Speaking to SMSF Adviser, Morningstar's head of Australasian equity research, Peter Warnes, said while Morningstar considers the Australian market slightly undervalued and still sees a little value in large-cap companies, SMSF investors should be aware that the “Halcyon days of double-digit returns are well and truly over”.
“Australian equities have had a pretty good run from 2010, and certainly from 2011, and SMSFs from what I’ve seen have been positioned in the right stocks,” said Mr Warnes.
“SMSFs have been income-focused and the yield compression has really helped them. They’ve been in the stocks that really dragged the market up, including the major four banks and Telstra.”
However, Mr Warnes said that with the yield compression story now effectively over, SMSFs should be exposing the growth part of their portfolio to the US dollar, either through offshore companies or investing in Australian companies with an exposure to the strengthening greenback.
Australian companies with US dollar earnings will clearly benefit from the lower Australian dollar, he said.
“The list of companies includes health-care-related Ansell, CSL, ResMed Inc. and Sonic Healthcare,” Mr Warnes said.
“Those from the industrials sector include Brambles, Amcor, James Hardie Industries and Domino's Pizza Enterprises.”
Australia’s financial sector is also in good health, he said, with increasing earnings momentum, solid balance sheets, and growing dividends.
Some headwinds are mounting, however, with “economic growth sub-trend and increasing global uncertainty weighing on investor confidence”, he warned.

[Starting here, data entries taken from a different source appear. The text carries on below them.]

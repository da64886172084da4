// A reporter of progress that is tied to where its sink stood and to its display, through code that knows it by its
// trait alone.
ghost use Rattle.std.specs.Prelude.{◌≡◌, [], ℕ, List, Option};
ghost use Rattle.run_output.specs.Shown.{Screen, first_screen};

use run_capture::{Failed, List, Sink};
use run_events::{ReportFault, Reporter, ReporterEvent, RunMode, Turn};
use run_output::ProgressReporter;
use run_progress::MaxProgressRunning;
use std::alloc::Global;
use std::marker::{Brand, PhantomData};

/// Where a sink stood, and the display at the beginning: for clauses alone. Code that is generic in it is called at
/// `Brand`, where the call's proof picks all three.
pub trait Beginning {
    /// The bytes that the sink had taken, where it tells them.
    ghost taken_before: { Option (List ℕ) };

    /// How often it had failed.
    ghost faults_before: { ℕ };

    /// The display.
    ghost display: { Screen };
}

impl Beginning for Brand {
    ghost use Rattle.std.specs.Prelude.{None, []};
    ghost use Rattle.run_output.specs.Shown.{first_screen};
    ghost use Rattle.run_events.specs.declared.retry_policy.RunMode.TheVariants.{Test};
    ghost use Rattle.run_progress.specs.declared.max_running.MaxProgressRunning.TheVariants.{Infinite};

    ghost taken_before = { None };

    ghost faults_before = { 0 };

    ghost display = { first_screen Test Infinite 0 [] };
}

/// A reporter of progress that stood so when it was made.
pub struct TiedProgress<K: Sink, O: Beginning> {
    progress: ProgressReporter<K>,
    origin: PhantomData<O>,
}

impl<K: Sink, O: Beginning> TiedProgress<K, O> {
    ghost use Rattle.run_output.specs.Told.{HasTold};
    ghost use Rattle.run_output.specs.Shown.{shown_lines};

    /// A reporter that has told nothing.
    pub fn new(
        sink: K,
        mode: RunMode,
        run_count: u64,
        max: MaxProgressRunning,
        width: u32,
        clocks: List<u64>,
    ) -> Self
        requires taken { O.taken_before ≡ K.taken sink }
        requires faults { O.faults_before ≡ K.faults sink }
        requires display { O.display ≡ first_screen mode max width clocks }
        ensures told { ⟦<TiedProgress<K, O> as Reporter>⟧.told result [] }
        ensures faults { ⟦<TiedProgress<K, O> as Reporter>⟧.faults result ≡ 0 }
    {
        TiedProgress {
            progress: ProgressReporter::new(sink, mode, run_count, max, width, clocks),
            origin: PhantomData,
        }
    }

    /// Hands back the sink.
    pub fn into_sink(self) -> K
        ensures told { (answers : _) → ⟦<TiedProgress<K, O> as Reporter>⟧.told self answers
            → HasTold O.taken_before (K.taken result) O.faults_before (K.faults result)
            (⟦<TiedProgress<K, O> as Reporter>⟧.faults self) (shown_lines O.display answers) }
    {
        let TiedProgress {
            progress,
            origin: _,
        } = self;
        progress.into_sink()
    }
}

impl<K: Sink, O: Beginning> Reporter for TiedProgress<K, O> {
    type Error = Failed;

    ghost use Rattle.std.specs.Prelude.{◌≡◌, ⊤};
    ghost use Rattle.run_output.specs.Shown.{screen_of};

    ghost told = { λ r answers. (K.taken r.progress.start.value ≡ O.taken_before)
        × (K.faults r.progress.start.value ≡ O.faults_before)
        × (screen_of r.progress.first.value ≡ O.display)
        × ⟦<ProgressReporter<K> as Reporter>⟧.told r.progress answers };

    ghost faults = { λ r. ⟦<ProgressReporter<K> as Reporter>⟧.faults r.progress };

    // It doesn't keep turns.
    ghost taken = { λ _ _. ⊤ };

    fn report(&mut self, alloc: Global, event: &ReporterEvent) -> Result<(), ReportFault<Failed>> {
        self.progress.report(alloc, event)
    }

    fn took(&mut self, _alloc: Global, _turn: &Turn) {}
}
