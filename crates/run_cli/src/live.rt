// The command `live`: the run of a plan by workers, and its last lines.
ghost use Rattle.std.specs.Prelude.{◌≡◌, ℕ, length, take, None, IfSome, IsSome};
ghost use Rattle.run_events.specs.declared.settings.Settings.{Settings};
ghost use Rattle.run_model.specs.Journal.{past_of, outcome};
ghost use Rattle.run_cli.specs.Call.{Writing, writing_of, then_writing};
ghost use Rattle.run_cli.specs.Live.{IsClosed, IsUnclosed, IsRunEnd, live_status, workers_in};
ghost use Rattle.run_cli.specs.Finish.{EndsAtFault, EndsAtOutcome};
ghost use Rattle.run_capture.specs.Bytes.{Takes};
ghost use Rattle.run_output.specs.Asks.{ask_lines};
ghost use Rattle.run_output.specs.declared.fault.Fault.TheVariants.{Memory};
ghost use Rattle.run_cli.specs.Text.{fault_only};
ghost use Rattle.run_cli.specs.Lived.{IsOver, IsLeftOver, IsFaultEnd, EndsOver, IsOpenFault, ending_of, kept_by};
ghost use Rattle.run_cli.specs.Lived.{HasWritten, HasWrittenRefused, EndsAtReceipt, kept_refused};

use crate::ended::{Ended, end_at_fault, end_at_outcome, end_without_memory, status_of_outcome};
use crate::receipts::{refusal_lines, write_refusal};
use crate::tied::{Origin, TiedReporter};
use run_capture::{List, Sink};
use run_drive::{Host, Spawner};
use run_engine::TestRunner;
use run_events::{Ask, AskList, Reporter, RunOutcome};
use run_live::{Live, Lived, live};
use run_model::Entry;
use run_output::{AskLines, Fault};
use run_shared::CloseKind;
use std::alloc::Global;
use std::marker::Brand;
use std::sync::Wait;
use std::thread::Threads;

/// How `live` ended.
#[derive(Clone, Copy, Drop)]
pub enum LiveEnding {
    /// The run is over, with this outcome.
    Outcome(RunOutcome),
    /// A fault ended the program.
    Fault(Fault),
    /// The receipts of the workers aren't those of the journal.
    Receipt,
}

impl LiveEnding {
    /// The exit status of the program.
    pub fn status(self) -> u8
        ensures { result ≡ live_status self }
    {
        match self {
            LiveEnding::Outcome(outcome) => status_of_outcome(outcome),
            LiveEnding::Fault(fault) => fault.status(),
            LiveEnding::Receipt => 13,
        }
    }
}

/// How `live` ended, its sink, and what is handed back of the run.
pub struct LiveEnded<K, W> {
    pub ending: LiveEnding,
    pub sink: K,
    pub live: Option<Live<W>>,
}

// The greatest length of a journal.
const MOST: usize = 4_294_967_295;

/// How many workers run the plan of a runner.
pub fn workers_of(runner: &TestRunner) -> u32
    ensures { result ≡ workers_in runner.now }
{
    let settings = runner.settings();
    let scripts = settings.plan.scripts.len();
    let units = scripts.saturating_add(settings.plan.tests.len());
    let most = settings.threads as usize;
    most.min(units).max(1) as u32
}

// What is left of a run whose last lines were written so: nothing where memory was wanting.
fn with_live<K, W: Drop>(ended: Ended<K>, live: Live<W>) -> LiveEnded<K, W>
    ensures ending { result.ending ≡ ending_of ended.ending }
    ensures live { result.live ≡ kept_by ended.ending live }
    ensures sink { result.sink ≡ ended.sink }
{
    let Ended { ending, sink } = ended;
    match ending {
        Ok(outcome) => LiveEnded {
            ending: LiveEnding::Outcome(outcome),
            sink,
            live: Some(live),
        },
        Err(Fault::Memory) => {
            drop(live);
            LiveEnded {
                ending: LiveEnding::Fault(Fault::Memory),
                sink,
                live: None,
            }
        }
        Err(fault) => LiveEnded {
            ending: LiveEnding::Fault(fault),
            sink,
            live: Some(live),
        },
    }
}

/// Writes the lines of asks and of a fault.
pub fn fault_after<K: Sink>(alloc: Global, sink: K, asks: &[(u64, Ask)], fault: Fault) -> Ended<K>
    ensures { EndsAtFault (writing_of K.Sink sink result.sink) (ask_lines asks.now) fault
        result.ending }
{
    match AskLines::of(alloc, asks) {
        Ok(lines) => end_at_fault(alloc, sink, lines.as_bytes(), fault),
        Err(_) => end_without_memory(sink),
    }
}

// Writes the lines of asks and of an outcome.
fn outcome_after<K: Sink>(
    alloc: Global,
    sink: K,
    asks: &[(u64, Ask)],
    outcome: RunOutcome,
) -> Ended<K>
    ensures { EndsAtOutcome (writing_of K.Sink sink result.sink) (ask_lines asks.now) outcome
        result.ending }
{
    match AskLines::of(alloc, asks) {
        Ok(lines) => end_at_outcome(alloc, sink, lines.as_bytes(), outcome),
        Err(_) => end_without_memory(sink),
    }
}

/// Writes the last lines of a run that is over: its asks, and then its outcome, or that an event was refused.
pub fn last_lines<K: Sink>(
    alloc: Global,
    sink: K,
    asks: &[(u64, Ask)],
    outcome: RunOutcome,
    refused: bool,
) -> Ended<K>
    ensures { EndsOver (writing_of K.Sink sink result.sink) (ask_lines asks.now) outcome refused
        result.ending }
{
    if refused {
        fault_after(alloc, sink, asks, Fault::Report)
    } else {
        outcome_after(alloc, sink, asks, outcome)
    }
}

// The same, with what is left of the run.
fn end_over<K: Sink, W: Spawner + Drop>(
    alloc: Global,
    sink: K,
    asks: AskList,
    outcome: RunOutcome,
    refused: bool,
    live: Live<W>,
) -> LiveEnded<K, W>
    ensures { (p : Settings) (w : Writing) (n : ℕ) → K.taken sink ≡ w.taken_after → K.faults sink
        ≡ w.faults_after
        → IsClosed W.has_said p live → IsOver p w n live.journal asks outcome refused
        → IsRunEnd W.has_said p (then_writing w (writing_of K.Sink sink result.sink))
        result.live result.ending }
{
    let ended = last_lines(alloc, sink, asks.asks(), outcome, refused);
    drop(asks);
    with_live(ended, live)
}

/// Why a run of this journal isn't over: the journal is full, or memory was wanting.
pub fn open_fault(journal: &List<Entry>) -> Fault
    ensures { IsOpenFault (length journal.now) result }
{
    if journal.len() == MOST {
        Fault::Unfinished
    } else {
        Fault::Memory
    }
}

// Ends a run that isn't over: its journal is full, or memory was wanting.
fn end_open<K: Sink, W: Spawner + Drop>(
    alloc: Global,
    sink: K,
    asks: AskList,
    live: Live<W>,
) -> LiveEnded<K, W>
    ensures { (p : Settings) (w : Writing) (n : ℕ) → K.taken sink ≡ w.taken_after
        → K.faults sink ≡ w.faults_after → IsClosed W.has_said p live
        → outcome p (past_of p live.journal) ≡ None → HasWritten p w n live.journal asks
        → IsRunEnd W.has_said p (then_writing w (writing_of K.Sink sink result.sink)) result.live result.ending }
{
    let ended = fault_after(alloc, sink, asks.asks(), open_fault(&live.journal));
    drop(asks);
    with_live(ended, live)
}

/// Writes the lines of asks and of why receipts are refused.
pub fn refusal_after<K: Sink>(
    alloc: Global,
    sink: K,
    asks: &[(u64, Ask)],
    kind: &CloseKind,
) -> (LiveEnding, K)
    ensures { EndsAtReceipt (writing_of K.Sink sink result.1) (ask_lines asks.now) kind.now result.0 }
{
    match refusal_lines(alloc, asks, kind) {
        Ok(lines) => (LiveEnding::Receipt, write_refusal(sink, &lines)),
        Err(_) => {
            let Ended { sink, ending: _ } = end_without_memory(sink);
            (LiveEnding::Fault(Fault::Memory), sink)
        }
    }
}

// What is left of a run whose receipts are refused: nothing where memory was wanting.
fn kept_unless_short<W: Drop>(ending: LiveEnding, live: Live<W>) -> Option<Live<W>>
    ensures { result ≡ kept_refused ending live }
{
    match ending {
        LiveEnding::Receipt => Some(live),
        _ => {
            drop(live);
            None
        }
    }
}

// Ends a run whose receipts are refused: its asks, and why.
fn end_refused<K: Sink, W: Spawner + Drop>(
    alloc: Global,
    sink: K,
    asks: AskList,
    live: Live<W>,
) -> LiveEnded<K, W>
    requires { IsSome live.error }
    ensures { (p : Settings) (w : Writing) (n : ℕ) → K.taken sink ≡ w.taken_after
        → K.faults sink ≡ w.faults_after → IsUnclosed W.has_said p live
        → IfSome live.error (λ e. HasWrittenRefused p w n live.journal asks e.kind)
        → IsRunEnd W.has_said p (then_writing w (writing_of K.Sink sink result.sink)) result.live result.ending }
{
    let (ending, sink) = match &live.error {
        Some(error) => refusal_after(alloc, sink, asks.asks(), error.kind()),
        None => unreachable!(),
    };
    drop(asks);
    LiveEnded {
        ending,
        sink,
        live: kept_unless_short(ending, live),
    }
}

// Ends a run whose threads have ended, by what they left.
fn finish<K: Sink, O: Origin, W: Spawner + Drop, T: Drop>(
    alloc: Global,
    lived: Lived<W, T, TiedReporter<K, O>>,
) -> LiveEnded<K, W>
    ensures { (p : Settings) → IsLeftOver W.has_said ⟦<TiedReporter<K, O> as Reporter>⟧.told p lived
        → IsRunEnd W.has_said p (record {
          taken = O.taken_before;
          taken_after = K.taken result.sink;
          faults = O.faults_before;
          faults_after = K.faults result.sink;
        }) result.live result.ending }
{
    let Lived {
        live,
        ticker,
        asks,
        outcome,
        report,
    } = lived;
    drop(ticker);
    let refused = report.has_refused();
    let sink = report.into_sink();
    if live.error.is_some() {
        return end_refused(alloc, sink, asks, live);
    }
    match outcome {
        Some(outcome) => end_over(alloc, sink, asks, outcome, refused, live),
        None => end_open(alloc, sink, asks, live),
    }
}

// Ends a run that was given up, since memory was wanting.
fn end_given_up<K: Sink, W>(sink: K) -> LiveEnded<K, W>
    ensures ending { result.ending ≡ LiveEnding.Fault Memory }
    ensures said { (n : ℕ) × Takes (K.taken sink) (K.taken result.sink) (take n (fault_only Memory)) }
    ensures live { result.live ≡ None }
{
    let Ended { sink, ending: _ } = end_without_memory(sink);
    LiveEnded {
        ending: LiveEnding::Fault(Fault::Memory),
        sink,
        live: None,
    }
}

/// Writes a fault, where there is no run: nothing of one is handed back.
pub fn end_without_run<K: Sink, W>(alloc: Global, sink: K, fault: Fault) -> LiveEnded<K, W>
    ensures ending { IsFaultEnd (writing_of K.Sink sink result.sink) fault result.ending }
    ensures live { result.live ≡ None }
{
    let Ended { ending, sink } = end_at_fault(alloc, sink, &[], fault);
    let ending = match ending {
        Ok(outcome) => LiveEnding::Outcome(outcome),
        Err(fault) => LiveEnding::Fault(fault),
    };
    LiveEnded {
        ending,
        sink,
        live: None,
    }
}

// Runs the plan of a runner, with the sink's state at the beginning as the type's.
fn run_at<K: Sink + Send, H: Host, O: Origin + Send, X: Threads + Wait + Sync>(
    rt: &X,
    alloc: Global,
    runner: TestRunner,
    sink: K,
    host: &mut H,
) -> LiveEnded<K, H::Worker>
    requires taken { O.taken_before ≡ K.taken sink }
    requires faults { O.faults_before ≡ K.faults sink }
    ensures { IsRunEnd H.Worker.has_said runner (writing_of K.Sink sink result.sink)
        result.live
        result.ending }
{
    let workers = workers_of(&runner);
    let report = TiedReporter::<K, O>::new(sink);
    match live(rt, alloc, runner, workers, host, report) {
        Ok(lived) => finish(alloc, lived),
        Err(report) => end_given_up(report.into_sink()),
    }
}

/// Runs the plan of a runner by workers, and writes all its lines.
pub fn run_live<K: Sink + Send, H: Host, X: Threads + Wait + Sync>(
    rt: &X,
    alloc: Global,
    runner: TestRunner,
    sink: K,
    host: &mut H,
) -> LiveEnded<K, H::Worker>
    ensures { IsRunEnd H.Worker.has_said runner (writing_of K.Sink sink result.sink)
        result.live
        result.ending }
{
    run_at::<K, H, Brand, X>(rt, alloc, runner, sink, host)
}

Financial companies that will benefit from a lower Australian dollar and a strengthening US dollar include QBE Insurance, Macquarie Group, BT Management, Magellan Financial Group and Henderson Group, he said.
While the major banks continue to benefit from strong competitive advantages underpinning increasing profits and attractive dividends, Mr Warnes believes current SMSF exposure remains too high.
“By definition, I can tell you, given that SMSFs own almost 50 per cent of the four major banks and nearly 50 per cent of Telstra, that they are overweight those five stocks,” he said.
“You have to be careful about overweight situations: I wouldn’t recommend having 40 per cent of my portfolio in banks.”